== DATA SHOWN ==

ghost use Rattle.std.specs.Prelude.{◌≡◌, true, ℕ, List, [], None, IsSome};
ghost use Rattle.end_table.specs.Table.{entries};
ghost use Rattle.kernel_event.specs.Places.{ArePlaced};
ghost use Rattle.kernel_step.specs.Progress.{progress, HasRoom, StaysWithin};
ghost use Rattle.kernel_step.specs.Room.{room_of_ends, room_of_parcel};
ghost use Rattle.kernel_step.specs.Rows.{asks, parcel_row};

use crate::carried::{arriving, passing};
use crate::order::put_behind;
use cancel_core::arrived;
use charlotte_calls::{Bytes, EndId};
use charlotte_packets::{Cargo, Work};
use end_table::Table;
use kernel_step::{Site, ends_in, no_ends, receiver};
use move_core::arrive;

/// A message in a parcel, without its bytes and its values.
#[derive(Clone, Copy)]
pub(crate) struct Head {
    pub(crate) to: EndId,
    pub(crate) n: u32,
    /// The receive that it is for.
    pub(crate) w: u32,
    /// Of the end that sent it.
    pub(crate) site: Site,
}

/// The rule of parcel: at the receive that it was sent for the message is taken, and its ends become Here. Anywhere else the
/// ends leave again, and go back with it. The values are taken out of the packet.
#[inline(never)]
pub(crate) fn parcel(
    table: &mut Table,
    made: u32,
    head: Head,
    bytes: &Bytes,
    moving: &mut Cargo,
    out: &mut Work,
)
    requires placed { ArePlaced table.old moving.old }
    requires first { out.old.packets.items ≡ [] }
    requires room { HasRoom room_of_parcel out.old }
    ensures part { progress (entries table.new) out.new
        ≡ parcel_row table.old.kernel made head.to head.n head.site.at head.site.hops bytes.now moving.old (asks head.w (entries table.old head.to)) (progress (entries table.old) out.old) }
    ensures within { StaysWithin room_of_parcel table.old table.new out.old out.new }
{
    match receiver(table, head.to, head.w) {
        Some(_) => take_parcel(table, made, head, bytes, moving, out),
        None => pass_parcel(table, made, head, moving, out),
    }
}

/// The message goes back, and its ends leave with it.
#[inline(never)]
fn pass_parcel(table: &mut Table, made: u32, head: Head, moving: &mut Cargo, out: &mut Work)
    requires unasked { asks head.w (entries table.old head.to) ≡ None }
    requires placed { ArePlaced table.old moving.old }
    requires room { HasRoom room_of_ends out.old }
    ensures part { (hops : ℕ) (bytes : List ℕ) → progress (entries table.new) out.new
        ≡ parcel_row table.old.kernel made head.to head.n head.site.at hops bytes moving.old None (progress (entries table.old) out.old) }
    ensures within { StaysWithin room_of_ends table.old table.new out.old out.new }
{
    let passed = passing(table, made, moving);
    arrive(table, head.to, head.n, head.w, head.site.at, passed, out);
}

/// The message is taken by the started receive of an end that is here.
fn take_parcel(
    table: &mut Table,
    made: u32,
    head: Head,
    bytes: &Bytes,
    moving: &mut Cargo,
    out: &mut Work,
)
    requires asked { IsSome (asks head.w (entries table.old head.to)) }
    requires placed { ArePlaced table.old moving.old }
    requires first { out.old.packets.items ≡ [] }
    requires room { HasRoom room_of_parcel out.old }
    ensures part { progress (entries table.new) out.new
        ≡ parcel_row table.old.kernel made head.to head.n head.site.at head.site.hops bytes.now moving.old (asks head.w (entries table.old head.to)) (progress (entries table.old) out.old) }
    ensures within { StaysWithin room_of_parcel table.old table.new out.old out.new }
{
    if is_empty(moving) {
        take_plain(table, head, bytes, out);
    } else {
        take_laden(table, made, head, bytes, moving, out);
    }
}

/// Whether a cargo has no values.
fn is_empty(moving: &Cargo) -> bool
    ensures { result ≡ true → moving.now ≡ [] }
{
    match moving.values() {
        [] => true,
        [_, ..] => false,
    }
}

/// A message that brings no ends is taken.
fn take_plain(table: &mut Table, head: Head, bytes: &Bytes, out: &mut Work)
    requires asked { IsSome (asks head.w (entries table.old head.to)) }
    requires room { HasRoom room_of_parcel out.old }
    ensures part { (made : ℕ) → progress (entries table.new) out.new
        ≡ parcel_row table.old.kernel made head.to head.n head.site.at head.site.hops bytes.now [] (asks head.w (entries table.old head.to)) (progress (entries table.old) out.old) }
    ensures within { StaysWithin room_of_parcel table.old table.new out.old out.new }
{
    let Head { to, n, w, site } = head;
    arrived(
        table,
        to,
        n,
        w,
        site.at,
        site.hops,
        bytes.copy(),
        no_ends(),
        out,
    );
}

/// A message is taken, and the ends that it brings become Here.
#[inline(never)]
fn take_laden(
    table: &mut Table,
    made: u32,
    head: Head,
    bytes: &Bytes,
    moving: &mut Cargo,
    out: &mut Work,
)
    requires asked { IsSome (asks head.w (entries table.old head.to)) }
    requires placed { ArePlaced table.old moving.old }
    requires first { out.old.packets.items ≡ [] }
    requires room { HasRoom room_of_parcel out.old }
    ensures part { progress (entries table.new) out.new
        ≡ parcel_row table.old.kernel made head.to head.n head.site.at head.site.hops bytes.now moving.old (asks head.w (entries table.old head.to)) (progress (entries table.old) out.old) }
    ensures within { StaysWithin room_of_parcel table.old table.new out.old out.new }
{
    let Head { to, n, w, site } = head;
    let came = arriving(table, made, moving);
    let ends = ends_in(&came);
    arrive(table, to, n, w, site.at, came, out);
    let moves = out.packets.len();
    arrived(table, to, n, w, site.at, site.hops, bytes.copy(), ends, out);
    put_behind(out, moves, moves + 1);
}
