ghost use Rattle.std.specs.Prelude.{◌≡◌, ℕ, Bool, None, length};
ghost use Rattle.charlotte_calls.specs.Causes.{first_of as first_cause, send_causes};
ghost use Rattle.charlotte_calls.specs.Names.{opposite};
ghost use Rattle.charlotte_calls.specs.declared.calls.ServiceStep.TheVariants as step;
ghost use Rattle.charlotte_calls.specs.declared.names.EndId.{EndId};
ghost use Rattle.charlotte_packets.specs.declared.work.Work.{Work};
ghost use Rattle.end_table.specs.Owned.{owned};
ghost use Rattle.end_table.specs.Table.{entries, HasPlace, IsHere, IsOfEnd};
ghost use Rattle.end_table.specs.declared.entry.Entry.TheVariants.{Here};
ghost use Rattle.kernel_sound.specs.Acts.{acts, acts_on, withdraws, withdraws_posted, AreOfOne};
ghost use Rattle.kernel_event.specs.Places.{IsPlacedFor};
ghost use Rattle.kernel_event.specs.Room.{room_of_call};
ghost use Rattle.kernel_sound.specs.Sound.{IsSound};
ghost use Rattle.kernel_step.specs.Actions.{ends, here};
ghost use Rattle.kernel_step.specs.Calls.{made_end, makes, posts, withdraws_send, starts_send, encloses, ends_each, ends_here, refusal, sees, IsCallWith};
ghost use Rattle.kernel_step.specs.Enclosed.{AreEnclosed, IsReady};
ghost use Rattle.kernel_step.specs.Progress.{progress, means, HasRoom, StaysWithin};
ghost use Rattle.kernel_step.specs.Room.{and_ends, no_room, one_step, room_of_destroy, room_of_end, room_of_receive, room_of_send};

use cancel_core::{post, start_send, withdraw_receive, withdraw_send};
use charlotte_calls::{Bytes, Call, EndId, Ends, LinkId, Pid, ServiceStep, Way};
use charlotte_packets::{Moving, Work};
use end_table::{Holder, Inward, Lent, Table};
use kernel_step::{first_of, push_step};
use move_core::{enclose, settle};

/// What a call does that is not refused; `mine` are the ends that the caller owns, in order, where it exits.
pub fn act(table: &mut Table, made: u32, p: Pid, mine: &[EndId], call: &Call, out: &mut Work)
    requires sound { (n : ℕ) × IsSound table.old.kernel made n (entries table.old) }
    requires granted { (reported : Bool) × (refusal p (entries table.old) made mine.now reported call.now ≡ None) }
    requires mine { IsCallWith p (entries table.old) mine.now call.now }
    requires placed { IsPlacedFor call.now table.old made }
    requires room { HasRoom (and_ends (length mine.now) (room_of_call call.now)) out.old }
    ensures part { progress (entries table.new) out.new ≡ acts p table.old.kernel made mine.now call.now (progress (entries table.old) out.old) }
    ensures within { StaysWithin (and_ends (length mine.now) (room_of_call call.now)) table.old table.new out.old out.new }
{
    match call {
        Call::Make => make(table, made, p, out),
        Call::Destroy { on } => destroy(table, p, *on, out),
        Call::Send { on, bytes, enclose } => { send(table, p, *on, bytes, enclose, out) }
        Call::Receive { on } => receive(table, p, *on, out),
        Call::Cancel { on, way } => cancel(table, p, *on, *way, out),
        Call::Wait => push_step(out, ServiceStep::Wait { p }),
        Call::Print { .. } => {}
        Call::Exit => exit(table, p, mine, out),
    }
}

/// Make: both ends of a new link are the caller's.
#[tactic(auto, unfolding(kernel_step::specs::Calls::makes))]
fn make(table: &mut Table, made: u32, p: Pid, out: &mut Work)
    requires place { HasPlace table.old (made_end table.old.kernel made) }
    requires opposite { HasPlace table.old (opposite (made_end table.old.kernel made)) }
    requires away { IsHere (entries table.old (made_end table.old.kernel made)) → ⊥ }
    requires opposite_away { IsHere (entries table.old (opposite (made_end table.old.kernel made))) → ⊥ }
    requires room { HasRoom one_step out.old }
    ensures part { progress (entries table.new) out.new ≡ makes table.old.kernel made p (progress (entries table.old) out.old) }
    ensures within { StaysWithin one_step table.old table.new out.old out.new }
{
    let kernel = table.kernel();
    let link = LinkId {
        maker: kernel,
        count: made,
    };
    let (a, b) = Moving::pair(link, kernel, kernel);
    push_step(
        out,
        ServiceStep::Make {
            p,
            a: a.end(),
            b: b.end(),
        },
    );
    settle(table, a, Holder::Owner(p));
    settle(table, b, Holder::Owner(p));
}

/// Destroy: the end is destroyed.
fn destroy(table: &mut Table, p: Pid, on: EndId, out: &mut Work)
    requires ready { IsReady (entries table.old) on }
    requires room { HasRoom room_of_destroy out.old }
    ensures part { progress (entries table.new) out.new
        ≡ acts_on (owned p (entries table.old on)) (λ v so_far. ends table.old.kernel v (means (step.Destroy on) so_far)) (progress (entries table.old) out.old) }
    ensures within { StaysWithin room_of_destroy table.old table.new out.old out.new }
{
    if let Some(_living) = table.owned(p, on) {
        push_step(out, ServiceStep::Destroy { on });
        move_core::destroy(table, on, out);
    }
}

/// Receive: a receive is started.
fn receive(table: &mut Table, p: Pid, on: EndId, out: &mut Work)
    requires room { HasRoom room_of_receive out.old }
    ensures part { progress (entries table.new) out.new
        ≡ acts_on (owned p (entries table.old on)) (posts table.old.kernel) (progress (entries table.old) out.old) }
    ensures within { StaysWithin room_of_receive table.old table.new out.old out.new }
{
    if let Some(_living) = table.owned(p, on) {
        post(table, on, out);
    }
}

/// Cancel: what is started this way is withdrawn.
fn cancel(table: &mut Table, p: Pid, on: EndId, way: Way, out: &mut Work)
    requires ready { IsReady (entries table.old) on }
    requires room { HasRoom room_of_receive out.old }
    ensures part { progress (entries table.new) out.new
        ≡ acts_on (owned p (entries table.old on)) (withdraws table.old.kernel way) (progress (entries table.old) out.old) }
    ensures within { StaysWithin room_of_receive table.old table.new out.old out.new }
{
    match way {
        Way::Outward => cancel_send(table, p, on, out),
        Way::Inward => cancel_receive(table, p, on, out),
    }
}

/// Cancel of a send.
fn cancel_send(table: &mut Table, p: Pid, on: EndId, out: &mut Work)
    requires ready { IsReady (entries table.old) on }
    requires room { HasRoom one_step out.old }
    ensures part { progress (entries table.new) out.new
        ≡ acts_on (owned p (entries table.old on)) withdraws_send (progress (entries table.old) out.old) }
    ensures within { StaysWithin one_step table.old table.new out.old out.new }
{
    if let Some(_living) = table.owned(p, on) {
        withdraw_send(table, on, out);
    }
}

/// Cancel of a receive: where one is posted, it begins to be withdrawn.
fn cancel_receive(table: &mut Table, p: Pid, on: EndId, out: &mut Work)
    requires room { HasRoom room_of_receive out.old }
    ensures part { progress (entries table.new) out.new
        ≡ acts_on (owned p (entries table.old on)) (λ v so_far. withdraws_posted table.old.kernel v v.inward so_far) (progress (entries table.old) out.old) }
    ensures within { StaysWithin room_of_receive table.old table.new out.old out.new }
{
    if let Some(living) = table.owned(p, on) {
        if let Inward::Posted { .. } = living.inward() {
            withdraw_receive(table, on, out);
        }
    }
}

/// Send: the ends that it encloses are held by it, and a send is started.
fn send(table: &mut Table, p: Pid, on: EndId, bytes: &Bytes, enclose: &Ends, out: &mut Work)
    requires own { (e : EndId) → IsOfEnd e (entries table.old e) }
    requires granted { first_cause (send_causes (sees p (entries table.old)) on enclose.now) ≡ None }
    requires room { HasRoom room_of_send out.old }
    ensures part { progress (entries table.new) out.new
        ≡ acts_on (owned p (entries table.old on)) (λ v so_far. starts_send table.old.kernel bytes.now enclose.now v (encloses on enclose.now so_far)) (progress (entries table.old) out.old) }
    ensures within { StaysWithin room_of_send table.old table.new out.old out.new }
{
    if let Some(_living) = table.owned(p, on) {
        enclose_each(table, on, enclose.as_slice(), out);
        let message = bytes.copy();
        let ends = enclose.copy();
        start_send(table, on, message, ends, out);
    }
}

/// Each of these ends is held by the send of another end, in order.
fn enclose_each(table: &mut Table, on: EndId, ends: &[EndId], out: &mut Work)
    requires { AreEnclosed (entries table.old) ends.now }
    ensures part { progress (entries table.new) out.new ≡ encloses on ends.now (progress (entries table.old) out.old) }
    ensures same { out.new ≡ out.old }
    ensures kernel { table.new.kernel ≡ table.old.kernel }
{
    match first_of(ends) {
        None => {}
        Some((first, others)) => {
            enclose(table, first, on, out);
            enclose_each(table, on, others, out);
        }
    }
}

/// Exit: each end of the caller is destroyed.
fn exit(table: &mut Table, p: Pid, mine: &[EndId], out: &mut Work)
    requires ends { AreOfOne table.old.kernel (entries table.old) mine.now }
    requires room { HasRoom (and_ends (length mine.now) one_step) out.old }
    ensures part { progress (entries table.new) out.new
        ≡ ends_each table.old.kernel mine.now (means (step.Exit p) (progress (entries table.old) out.old)) }
    ensures within { StaysWithin (and_ends (length mine.now) one_step) table.old table.new out.old out.new }
{
    push_step(out, ServiceStep::Exit { p });
    destroy_each(table, mine, out);
}

/// END of each of these ends, in order.
fn destroy_each(table: &mut Table, ends: &[EndId], out: &mut Work)
    requires ends { AreOfOne table.old.kernel (entries table.old) ends.now }
    requires room { HasRoom (and_ends (length ends.now) no_room) out.old }
    ensures part { progress (entries table.new) out.new
        ≡ ends_each table.old.kernel ends.now (progress (entries table.old) out.old) }
    ensures within { StaysWithin (and_ends (length ends.now) no_room) table.old table.new out.old out.new }
{
    let mut left = ends;
    while let Some((first, others)) = first_of(left) {
        destroy_here(table, first, out);
        left = others;
    }
}

/// END of an end that may be here.
fn destroy_here(table: &mut Table, on: EndId, out: &mut Work)
    requires ready { IsReady (entries table.old) on }
    requires room { HasRoom room_of_end out.old }
    ensures part { progress (entries table.new) out.new
        ≡ ends_here table.old.kernel (here (entries table.old on)) (progress (entries table.old) out.old) }
    ensures within { StaysWithin room_of_end table.old table.new out.old out.new }
{
    if let Lent::Here(_) = table.lend(on) {
        move_core::destroy(table, on, out);
    }
}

===

• TASK TO COMPLETE: Considering only the records above, state the number of lines that include the word "came", with nothing added.

• EXPECTED ANSWER: 3